In the western world fail to thrive babies usually become part of the formula feeding figures. In the third would they become an infant mortality figure.

It takes a basic level of common sense to know which is preferable.

SpeakNoWords · 12/01/2017 10:06

Everyone would agree with that FATE, I'm not sure anyone here is suggesting that breastfeeding must be protected at the expense of babies health or survival.

Do you think that current NHS policy and practise around breastfeeding results in increased infant mortality due to refusal to use formula?

FATEdestiny · 12/01/2017 10:11

SpeakNoWords: Yep, I'm a glass half empty kind of person. Although, I prefer realistic to defeatist as a description.

Realistic that it is not possible to change established cultural norms with well thought-out health education?

Indulge me...

About 30 years ago when I was a child, the advertising strategy for Milky Way (the chocolate bar) was that Mums could give their child a Milky Way just before dinner and it wouldn't full them up.

Woo hoo - empty refined sugar calories Mum can give her child without any effects on their appetite. What a fantastic product! Hmm This was genuinely how it was marketed as a chocolate bar.

I am now almost exactly 1 generation on. I have children the same age I was when this Milky Way advertising campaign was running. The attitudes of my children towards surgery foods (and mine as a parent) could not be more different.

This change has happened within 1 generation with the help of effective health campaigns backed up by forward-thinking health policy.

Being defeatest about Breast is Best policy is not realistic, it is a consequence of really poor policy decisions. BF rates in the UK could be much higher if the health policy was more robustly thought through.
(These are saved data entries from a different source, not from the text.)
//! The characters of a string (RFC 8259, section 7; RFC 3629, section 4), a byte at a time.

ghost use Rattle.std.specs.Prelude.{◌≤◌, ◌-◌, ◌≡◌, ◌<◌, IfSome};
ghost use Rattle.gj_json.specs.Characters.{escape_of, hex_of};
ghost use Rattle.gj_json.specs.Utf8Bytes.{lead_of};
ghost use Rattle.gj_json.specs.Internal.TextMachine.{string_next, plain_step, lead_step, tail_step, within};
ghost use Rattle.gj_json.specs.Internal.Transitions.{string_move, IsStringState, IsStringMove, value_limit};

use crate::mode::{Bounds, StringMove, StringState};

const BACKSPACE: u8 = 8;

const FORM_FEED: u8 = 12;

/// The character that a short escape means, by the byte after its backslash.
#[tactic(auto, unfolding(crate::specs::Characters::escape_of))]
fn escaped(byte: u8) -> Option<u8>
    ensures { result ≡ escape_of byte }
{
    match byte {
        b'"' => Some(b'"'),
        b'\\' => Some(b'\\'),
        b'/' => Some(b'/'),
        b'b' => Some(BACKSPACE),
        b'f' => Some(FORM_FEED),
        b'n' => Some(b'\n'),
        b'r' => Some(b'\r'),
        b't' => Some(b'\t'),
        _ => None,
    }
}

#[tactic(auto, unfolding(crate::specs::Characters::hex_of))]
fn hex(byte: u8) -> Option<u32>
    ensures value { result ≡ hex_of byte }
    ensures small { IfSome result (λ d. d < 16) }
{
    match byte {
        b'0'..=b'9' => Some((byte - b'0') as u32),
        b'A'..=b'F' => Some((byte - b'A' + 10) as u32),
        b'a'..=b'f' => Some((byte - b'a' + 10) as u32),
        _ => None,
    }
}

#[tactic(auto, unfolding(crate::specs::Utf8Bytes::lead_of))]
fn lead(byte: u8) -> StringMove
    ensures value { result ≡ string_move (lead_step (lead_of byte)) }
    ensures state { IsStringMove result }
{
    if byte <= 0xC1 {
        StringMove::Refuses
    } else if byte <= 0xDF {
        StringMove::Goes(StringState::InCharacter(0, Bounds::Any, (byte - 0xC0) as u32))
    } else if byte == 0xE0 {
        StringMove::Goes(StringState::InCharacter(1, Bounds::AfterE0, 0))
    } else if byte <= 0xEC {
        StringMove::Goes(StringState::InCharacter(1, Bounds::Any, (byte - 0xE0) as u32))
    } else if byte == 0xED {
        StringMove::Goes(StringState::InCharacter(1, Bounds::AfterED, 13))
    } else if byte <= 0xEF {
        StringMove::Goes(StringState::InCharacter(1, Bounds::Any, (byte - 0xE0) as u32))
    } else if byte == 0xF0 {
        StringMove::Goes(StringState::InCharacter(2, Bounds::AfterF0, 0))
    } else if byte <= 0xF3 {
        StringMove::Goes(StringState::InCharacter(2, Bounds::Any, (byte - 0xF0) as u32))
    } else if byte == 0xF4 {
        StringMove::Goes(StringState::InCharacter(2, Bounds::AfterF4, 4))
    } else {
        StringMove::Refuses
    }
}

fn is_within(bounds: Bounds, byte: u8) -> bool
    ensures { result ≡ within bounds byte }
{
    match bounds {
        Bounds::Any => 0x80 <= byte && byte <= 0xBF,
        Bounds::AfterE0 => 0xA0 <= byte && byte <= 0xBF,
        Bounds::AfterED => 0x80 <= byte && byte <= 0x9F,
        Bounds::AfterF0 => 0x90 <= byte && byte <= 0xBF,
        Bounds::AfterF4 => 0x80 <= byte && byte <= 0x8F,
    }
}

fn tail(more: u8, value: u32) -> StringMove
    requires { (1 ≤ more → value < value_limit (more - 1)) × (more ≤ 2) }
    ensures value { result ≡ string_move (tail_step more value) }
    ensures state { IsStringMove result }
{
    if more == 0 {
        StringMove::Reads(value)
    } else {
        StringMove::Goes(StringState::InCharacter(more - 1, Bounds::Any, value))
    }
}

#[inline(always)]
#[tactic(auto, unfolding(crate::specs::Internal::TextMachine::plain_step))]
fn next_plain(byte: u8) -> StringMove
    ensures value { result ≡ string_move (plain_step byte) }
    ensures state { IsStringMove result }
{
    if byte == b'"' {
        StringMove::Ends
    } else if byte == b'\\' {
        StringMove::Goes(StringState::Escape)
    } else if b' ' <= byte && byte <= 0x7F {
        StringMove::Reads(byte as u32)
    } else {
        lead(byte)
    }
}

/// What a byte does to a string under way.
#[inline(always)]
pub fn next_string(state: StringState, byte: u8) -> StringMove
    requires { IsStringState state }
    ensures value { result ≡ string_move (string_next state byte) }
    ensures state { IsStringMove result }
{
    match state {
        StringState::Plain => next_plain(byte),
        StringState::Escape => {
            if byte == b'u' {
                StringMove::Goes(StringState::HexDue)
            } else {
                match escaped(byte) {
                    Some(character) => StringMove::Reads(character as u32),
                    None => StringMove::Refuses,
                }
            }
        }
        StringState::HexDue => match hex(byte) {
            Some(digit) => StringMove::Goes(StringState::HexOne(digit)),
            None => StringMove::Refuses,
        },
        StringState::HexOne(value) => match hex(byte) {
            Some(digit) => StringMove::Goes(StringState::HexTwo(value * 16 + digit)),
            None => StringMove::Refuses,
        },
        StringState::HexTwo(value) => match hex(byte) {
            Some(digit) => StringMove::Goes(StringState::HexThree(value * 16 + digit)),
            None => StringMove::Refuses,
        },
        StringState::HexThree(value) => match hex(byte) {
            Some(digit) => StringMove::Reads(value * 16 + digit),
            None => StringMove::Refuses,
        },
        StringState::InCharacter(more, bounds, value) => {
            if is_within(bounds, byte) {
                tail(more, value * 64 + (byte % 64) as u32)
            } else {
                StringMove::Refuses
            }
        }
    }
}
FATEdestiny · 12/01/2017 10:17

breastfeeding results in increased infant mortality due to refusal to use formula?

I have never come across a single health professional in the NHS who would advise a mum to breastfeed regardless of babys health. Because their priority is the baby, not the feeding method.

Breastfeeding is not that precious.

TinklyLittleLaugh · 12/01/2017 10:17

I don't really understand the hunger stress thing. When you are breastfeeding, if your baby gets a bit grumpy, then you whack them on your boob as a first resort. Occaisionally, if you are somewhere where whacking them on your boob is not practical, then there may be a few minutes delay where baby gets a bit shouty.

But presumably, if you formula feed then there is alway a delay, every feed time, while you faff around with prepping, or at very least heating, the bottles? And you might have to put the baby down to do this. Cue more screaming. So aren't formula fed babies subjected to slightly more hunger stress.

Or are formula fed babies mostly fed by timetable rather than on demand?

SpeakNoWords · 12/01/2017 10:18

I'm sure you're right. Is there the political will and the money for it though? I don't think there is, and there won't be for a good long while I suspect. Plus you can't talk about breastfeeding in our current culture without it being taken as an insult or attack on those who formula feed. How do you envisage a better health policy could address this?